[Start of section]

// From a text to its tokens.
ghost use Rattle.std.specs.Prelude.{◌≡◌, List, None, IfOk, IfErr, OnOk, All};
ghost use Rattle.il_text.specs.declared.token.Token.{Token};
ghost use Rattle.il_text.specs.Tokens.{AreTokens, IsSlice};
ghost use Rattle.il_text.specs.Faults.{fault_of};
ghost use Rattle.il_text.specs.Readings.{IsRefusedFor};

use crate::fault::{TextCause, TextFault};
use crate::front::front_of;
use crate::token::Token;
use mn_outside::Refused;
use std::alloc::Global;

// A text has at most so many bytes.
const TEXT_LIMIT: usize = 4_194_304;

/// The tokens of a text, in rising order; or the first place at which the text has no reading, and why.
/// It takes time in proportion to the text.
pub fn tokens(alloc: Global, text: &[u8]) -> Result<Vec<Token>, Refused<TextFault>>
    ensures tokens { IfOk result (λ found. AreTokens text.now found.items) }
    ensures only { IfOk result (λ found. (others : List Token) → AreTokens text.now others → others ≡ found.items) }
    ensures slices { IfOk result (λ found. All (IsSlice text.now) found.items) }
    ensures no_fault { OnOk result (fault_of text.now ≡ None) }

    ensures refused { IfErr result (IsRefusedFor text.now) }
{
    let mut found = Vec::new(alloc);
    let mut rest = text;
    let mut at = 0usize;
    while !rest.is_empty() {
        let front = match front_of(rest) {
            Ok(front) => front,
            Err(cause) => {
                return Err(Refused::Fault(TextFault {
                    offset: at as u32,
                    cause,
                }));
            }
        };
        let to = at + front.len;
        if to > TEXT_LIMIT {
            return Err(Refused::Fault(TextFault {
                offset: TEXT_LIMIT as u32,
                cause: TextCause::TooLong,
            }));
        }
        if let Some(kind) = front.kind {
            let token = Token {
                kind,
                from: at as u32,
                to: to as u32,
            };
            if found.push(token).is_err() {
                return Err(Refused::NoMemory);
            }
        }
        let (_, after) = rest.split_at(front.len);
        rest = after;
        at = to;
    }
    Ok(found)
}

[End of section]

### Exercise requirements
Each entry in the data should be restated exactly as it was written.

### Answer space
// From a text to its tokens.
ghost use Rattle.std.specs.Prelude.{◌≡◌, List, None, IfOk, IfErr, OnOk, All};
ghost use Rattle.il_text.specs.declared.token.Token.{Token};
ghost use Rattle.il_text.specs.Tokens.{AreTokens, IsSlice};
ghost use Rattle.il_text.specs.Faults.{fault_of};
ghost use Rattle.il_text.specs.Readings.{IsRefusedFor};

use crate::fault::{TextCause, TextFault};
use crate::front::front_of;
use crate::token::Token;
use mn_outside::Refused;
use std::alloc::Global;

// A text has at most so many bytes.
const TEXT_LIMIT: usize = 4_194_304;

/// The tokens of a text, in rising order; or the first place at which the text has no reading, and why.
/// It takes time in proportion to the text.
pub fn tokens(alloc: Global, text: &[u8]) -> Result<Vec<Token>, Refused<TextFault>>
    ensures tokens { IfOk result (λ found. AreTokens text.now found.items) }
    ensures only { IfOk result (λ found. (others : List Token) → AreTokens text.now others → others ≡ found.items) }
    ensures slices { IfOk result (λ found. All (IsSlice text.now) found.items) }
    ensures no_fault { OnOk result (fault_of text.now ≡ None) }

    ensures refused { IfErr result (IsRefusedFor text.now) }
{
    let mut found = Vec::new(alloc);
    let mut rest = text;
    let mut at = 0usize;
    while !rest.is_empty() {
        let front = match front_of(rest) {
            Ok(front) => front,
            Err(cause) => {
                return Err(Refused::Fault(TextFault {
                    offset: at as u32,
                    cause,
                }));
            }
        };
        let to = at + front.len;
        if to > TEXT_LIMIT {
            return Err(Refused::Fault(TextFault {
                offset: TEXT_LIMIT as u32,
                cause: TextCause::TooLong,
            }));
        }
        if let Some(kind) = front.kind {
            let token = Token {
                kind,
                from: at as u32,
                to: to as u32,
            };
            if found.push(token).is_err() {
                return Err(Refused::NoMemory);
            }
        }
        let (_, after) = rest.split_at(front.len);
        rest = after;
        at = to;
    }
    Ok(found)
}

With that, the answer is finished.